LDA $1234,X will fetch both $1234 and $1234+X I think.

It actually fetches three bytes of the instruction, then $1200 + <($34+X) (with the bytes added without carry), then $1234+X if it differs.

Tepples, what was the <() notation? I think I knew it but I forgot. Is it a bitshift?

Disch: thanks for the link!

[thefox]

LDA $1234,X will fetch both $1234 and $1234+X I think.

It actually fetches three bytes of the instruction, then $1200 + <($34+X) (with the bytes added without carry), then $1234+X if it differs.

Tepples, what was the <() notation? I think I knew it but I forgot. Is it a bitshift?

Low byte. E.g. <$6789 is $89 whereas >$6789 is $67.

[Petruza]

LDA $1234,X will fetch both $1234 and $1234+X I think.

It actually fetches three bytes of the instruction, then $1200 + <($34+X) (with the bytes added without carry), then $1234+X if it differs.

Oh, so this is what happens always on absolute indexed addressing? the indexing occurs first on the low byte only?

Damn, my cpu interpreter will take longer than I thought.

[tepples]

LDA $1234,X will fetch both $1234 and $1234+X I think.

It actually fetches three bytes of the instruction, then $1200 + <($34+X) (with the bytes added without carry), then $1234+X if it differs.

Oh, so this is what happens always on absolute indexed addressing? the indexing occurs first on the low byte only?

Yes. The 6502 has one 8-bit ALU and one 16-bit upcounter (for PC). To calculate a,x or a,y absolute indexed addressing in an instruction other than sta, stx, or sty, it uses the 8-bit ALU to first calculate the low byte while it fetches the high byte. If there's a carry out, it goes "oops", applies the carry using the ALU, and repeats the read at the correct address. Store instructions always have this "oops" cycle: the CPU first reads from the partially added address and then writes to the correct address. The same thing happens on (d),y indirect addressing.

As for (d,x) indirect addressing, I don't know how many cycles that takes. As a programmer, I've never had a chance to use it in a loop. The only time I've ever used a table of addresses on zero page was in a music engine, where x had the possibility of being 0, 4, 8, or 12.

[Dwedit]

Atari 2600 games love zeropage indexed addressing mode.

[Bregalad]

All ($xx,X) instructions takes 6 cycles according to this. : http://www.6502.org/tutorials/6502opcodes.html
However this page contains at least 1 error : and $xx is 3 cycles and not 2.

For the 6 cycles it should be like that :
1) Read opcode
2) Read argument
3) Read $xx+X
4) Read $xx+X+1
5) Read [$xx+X]

So there is one more dummy read in the process too.

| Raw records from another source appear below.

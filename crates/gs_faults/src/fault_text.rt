ghost use Rattle.std.specs.Prelude.{IfOk, IsErr, IsOk, MatchOption};
ghost use Rattle.gs_script.specs.Script.{script_of};

use crate::form_text::{HEADER, LineForm, line_form};
use crate::label::write_label;
use crate::meant::meant;
use crate::shown_line::{write_line, write_margin};
use gs_script::{Found, MOST_BYTES, NamedPolicy, Reason, find_fault};
use std::alloc::{AllocError, Global};
use std::fmt::Write;

/// Returns the name of a reason.
fn reason_name(reason: Reason) -> &'static str {
    match reason {
        Reason::TooLong => "TooLong",
        Reason::BadByte => "BadByte",
        Reason::NoHeader => "NoHeader",
        Reason::BadWord => "BadWord",
        Reason::BadCount => "BadCount",
        Reason::BadNumber => "BadNumber",
        Reason::BadName => "BadName",
    }
}

/// Returns the first word of a line, of which these are the bytes before what is marked, and what is marked.
fn first_word<'a>(front: &'a [u8], marked: &'a [u8]) -> &'a [u8] {
    let word = front
        .split(|byte| *byte == b' ')
        .find(|word| !word.is_empty());
    word.unwrap_or(marked)
}

/// Returns the form of the line that has a fault, if a line begins as it does, and a form can have that fault.
fn form_of(found: &Found<'_>) -> Option<LineForm> {
    if found.fault.reason == Reason::NoHeader {
        return Some(HEADER);
    }
    if found.fault.reason == Reason::BadByte {
        return None;
    }
    let Ok(first) = str::from_utf8(first_word(found.mark.front, found.mark.word)) else {
        return None;
    };
    line_form(first)
}

/// Writes a line of help below the marked one, with a word.
fn write_help(text: &mut String, width: usize, help: &str, word: &str) -> Result<(), AllocError> {
    write_margin(text, width)?;
    write!(text, "= help: {help} `{word}`\n")
}

/// Writes a line of help with the form of a line.
fn write_form_help<P: NamedPolicy>(
    text: &mut String,
    width: usize,
    help: &str,
    form: LineForm,
) -> Result<(), AllocError> {
    write_margin(text, width)?;
    write!(text, "= help: {help} `")?;
    form.write(text, P::forms())?;
    text.push_str("`\n")
}

/// Writes what is wrong with the script itself.
fn write_whole<P: NamedPolicy>(text: &mut String, reason: Reason) -> Result<(), AllocError> {
    match reason {
        Reason::TooLong => write!(
            text,
            "error: a script has at most {MOST_BYTES} bytes: TooLong\n"
        ),
        _ => {
            text.push_str("error: the script has no header: NoHeader\n")?;
            write_form_help::<P>(text, 1, "its first line is", HEADER)
        }
    }
}

/// Writes the line that has the fault, with what is wrong in it.
fn write_found<P: NamedPolicy>(
    alloc: Global,
    text: &mut String,
    found: &Found<'_>,
    number: &str,
) -> Result<(), AllocError> {
    let name = reason_name(found.fault.reason);
    write!(
        text,
        "error: line {number} is no line of a script: {name}\n"
    )?;
    write_line(text, number, &found.mark)?;
    text.push(' ')?;
    write_label(text, found)?;
    text.push('\n')?;
    let width = number.len().min(20);
    if let Some(form) = form_of(found) {
        write_form_help::<P>(text, width, "such a line is", form)?;
    }
    if let Some(word) = meant(alloc, found)? {
        write_help(text, width, "a word of nearly the same letters is", word)?;
    }
    Ok(())
}

/// Returns what is wrong with the script that these bytes say, as text. It has the line of the first fault, and a mark below
/// the word at which that stands. Then come what is wanted there, the form of such a line, and the word that was probably meant.
/// It is `None` if they are a script. It fails only if out of memory.
pub fn explain<P: NamedPolicy>(alloc: Global, bytes: &[u8]) -> Result<Option<String>, AllocError>
    ensures { IfOk result (λ text. MatchOption text (IsOk (script_of P.naming bytes.now)) (λ _. IsErr (script_of P.naming bytes.now))) }
{
    let Some(found) = find_fault::<P>(alloc, bytes)? else {
        return Ok(None);
    };
    let mut text = String::new(alloc);
    match found.fault.line {
        0 => write_whole::<P>(&mut text, found.fault.reason)?,
        line => {
            let number = format!(in alloc; "{line}")?;
            write_found::<P>(alloc, &mut text, &found, number.as_str())?;
        }
    }
    Ok(Some(text))
}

As for (d,x) indirect addressing, I don't know how many cycles that takes. As a programmer, I've never had a chance to use it in a loop. The only time I've ever used a table of addresses on zero page was in a music engine, where x had the possibility of being 0, 4, 8, or 12.

It's fun, because I also only used the lda ($xx,X) instruction only one time for my music engine. Sounds like it's a common way to do it.

Also maybe I used this instruction with X = 00 in all cases, if Y was busy with something else, I'm not sure exactly, but it doesn't really count.

[Disch]

Close @ the reads. It is 6 cycles like you said, but you only listed 5 of them.

The doc I linked to before lays it out: http://nesdev.com/6502_cpu.txt


1) Read PC (opcode)
2) Read PC+1 (argument)
3) Read $xx (dummy read, gives time to add X to $xx)
4) Read $xx+X (low byte)
5) Read $xx+X+1 (high byte)
6) Read ($xx+X) (final data)

[blargg]

There are some dummy read test ROMs available.